### THE DATA ###
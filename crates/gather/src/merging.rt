//! Writing rows that are in order into an answer, equal ones together.
ghost use Rattle.std.specs.Prelude.{◌≡◌, ◌+◌, ◌*◌, ◌<◌, ◌≤◌, [], ◌∷◌, ◌++◌, map, length, drop};
ghost use Rattle.circuit.specs.Held.{count_in, Proper};
ghost use Rattle.circuit.specs.Joins.{CountsAs};
ghost use Rattle.circuit.specs.Lent.{SameMemory};
ghost use Rattle.circuit.specs.declared.Node.TheVariants.{Or};
ghost use Rattle.gather.specs.Gathered.{answer_of, answers_in, Wide, InOrder, Ready, Merged, Extended};

use crate::region::Entry;
use circuit::Circuit;
use tables::equal;

/// The node for "a or b", for which there is room.
fn join(circuit: &mut Circuit<'_>, a: u64, b: u64) -> u64
    requires store { Proper circuit.old.nodes.now }
    requires counted { (a < count_in circuit.old.nodes.now) × (b < count_in circuit.old.nodes.now) }
    requires room { 4 + 3 * count_in circuit.old.nodes.now ≤ length circuit.old.nodes.now }
    ensures store { Extended circuit.old.nodes.now circuit.new.nodes.now circuit.old.hints.now circuit.new.hints.now 1 }
    ensures counts { CountsAs circuit.old.nodes.now circuit.new.nodes.now (Or a b) result }
    ensures memory { SameMemory circuit.old circuit.new }
{
    circuit.or(a, b).unwrap()
}

/// Writes row `n` of an answer, behind the rows before it.
fn write_row(out: &mut [u64], width: usize, n: usize, row: Entry<'_>)
    requires wide { length row.cells.now ≡ width }
    requires space { 1 + (1 + width) * (n + 1) ≤ length out.old }
    ensures rows { answers_in width (n + 1) (drop 1 out.new)
        ≡ answers_in width n (drop 1 out.old) ++ answer_of row.entry ∷ [] }
    ensures behind { drop (1 + (1 + width) * (n + 1)) out.new ≡ drop (1 + (1 + width) * (n + 1)) out.old }
{
    let start = 1 + (1 + width) * n;
    out[start] = row.node;
    out[start + 1..start + 1 + width].copy_from_slice(row.cells);
}

/// Writes the rows of `entries`, which are in order, behind the first number of `out`, equal ones together; says how many.
pub fn merge(
    entries: &[Entry<'_>],
    width: usize,
    circuit: &mut Circuit<'_>,
    out: &mut [u64],
) -> usize
    requires order { InOrder (map answer_of entries.now) }
    requires wide { Wide width (map answer_of entries.now) }
    requires ready { Ready (map answer_of entries.now) width circuit.old.nodes.now out.old }
    ensures merged { Merged (map answer_of entries.now) width circuit.old.nodes.now circuit.new.nodes.now
        circuit.old.hints.now circuit.new.hints.now out.old out.new result }
    ensures memory { SameMemory circuit.old circuit.new }
{
    let [first, rest @ ..] = entries else {
        return 0;
    };
    let mut last = *first;
    let mut written = 0;
    for entry in rest {
        if equal(last.cells, entry.cells) {
            last.node = join(circuit, last.node, entry.node);
        } else {
            write_row(out, width, written, last);
            written += 1;
            last = *entry;
        }
    }
    write_row(out, width, written, last);
    written + 1
}
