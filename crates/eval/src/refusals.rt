//! The number and the place of a refusal.
ghost use Rattle.std.specs.Prelude.{◌≡◌};
ghost use Rattle.eval.specs.Refusals.{number_of, place_of};

use crate::reply::Refusal;

const TOO_HEAVY: usize = 8193;

impl Refusal {
    /// The number of the refusal, 1 to 6.
    pub fn number(self) -> u64
        ensures { result ≡ number_of self }
    {
        match self {
            Refusal::Tables(_) => 1,
            Refusal::Query(_) => 2,
            Refusal::Weight => 3,
            Refusal::Work(_) => 4,
            Refusal::Nodes(_) => 5,
            Refusal::Out(_) => 6,
        }
    }

    /// The place of the refusal: a table, an operator, the first weight that is too much, or a length.
    pub fn place(self) -> usize
        ensures { result ≡ place_of self }
    {
        match self {
            Refusal::Tables(place) | Refusal::Query(place) => place,
            Refusal::Weight => TOO_HEAVY,
            Refusal::Work(length) | Refusal::Nodes(length) | Refusal::Out(length) => length,
        }
    }
}
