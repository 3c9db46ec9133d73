//! Why a query is turned away.
ghost use Rattle.std.specs.Prelude.{◌≡◌};
ghost use Rattle.eval.specs.declared.reply.Refusal.TheVariants.{Tables, Query};

use query::Faulty;
use tables::Misfit;

/// Why a query is turned away, with what tells the place.
#[derive(Clone, Copy, PartialEq, Eq, Debug)]
pub enum Refusal {
    /// The first table that does not fit.
    Tables(usize),
    /// The operator at which the query is faulty.
    Query(usize),
    /// The weight of the query is above 8,192.
    Weight,
    /// The work row is too short: its length.
    Work(usize),
    /// The nodes are too few: the length of their memory.
    Nodes(usize),
    /// The memory for the answer is too short: its length.
    Out(usize),
}

// By hand: a derived `From` does not say which error it makes, and clauses name it.
impl From<Misfit> for Refusal {
    ghost from_gives = { λ e r. r ≡ Tables e.table };

    fn from(misfit: Misfit) -> Refusal {
        Refusal::Tables(misfit.table)
    }
}

// By hand, as above.
impl From<Faulty> for Refusal {
    ghost from_gives = { λ e r. r ≡ Query e.operator };

    fn from(faulty: Faulty) -> Refusal {
        Refusal::Query(faulty.operator)
    }
}
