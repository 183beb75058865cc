// Values that no honest server gives: no value is refused, and none has rows that no comprehension
// at its path took.
use crate::told::{form_of, text_of};
use lineage::decode;
use nq_model::{Label, List, Memory, Text, Value};
use std::alloc::Global;
use std::process::Abort;
use test_support::org;

// An element of the departments, or of their employees.
fn element(alloc: Global, at: i64, row: i64, value: Value) -> Result<Value, Memory> {
    let mut fields = List::new(alloc);
    fields.push((Label::from_str(alloc, "at")?, Value::Int(at)))?;
    fields.push((Label::from_str(alloc, "r1")?, Value::Int(row)))?;
    fields.push((Label::from_str(alloc, "value")?, value))?;
    Ok(Value::Rec(fields))
}

fn bag(alloc: Global, elements: [Value; 2]) -> Result<Value, Memory> {
    let mut all = List::new(alloc);
    for element in elements {
        all.push(element)?;
    }
    Ok(Value::Bag(all))
}

fn word(alloc: Global, text: &str) -> Result<Value, Memory> {
    Ok(Value::Text(Text::from_str(alloc, text)?))
}

// The tag of the outer comprehension is 1, and that of the inner one 2.
#[test]
fn refuses_no_value(rt: HostRuntime) -> Result<(), Memory> {
    let alloc = rt.alloc();
    let schema = org(alloc)?;
    let form = form_of(
        alloc,
        &schema,
        "for (d <- table departments)
         [for (e <- table employees) where (e.dept == d.name) [e.name]]",
    )?;
    let inner = bag(
        alloc,
        [
            element(alloc, 1, 5, word(alloc, "outer")?)?,
            element(alloc, 2, -5, word(alloc, "own")?)?,
        ],
    )?;
    let none = Value::Bag(List::new(alloc));
    let value = bag(
        alloc,
        [element(alloc, 1, 7, inner)?, element(alloc, 2, 8, none)?],
    )?;
    let traced = decode(alloc, &form, &value)?;
    assert_eq!(&rt;
        text_of(alloc, traced)?.as_str(),
        "{{} @ [], {'outer' @ [], 'own' @ [employees -5]} @ [departments 7]}"
    );
    Ok(())
}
###
Please show every line of the entries above that contains the word "their".

* _EXERCISE OUTPUT_
    /// The nodes are too few: the length of their memory.
// An element of the departments, or of their employees.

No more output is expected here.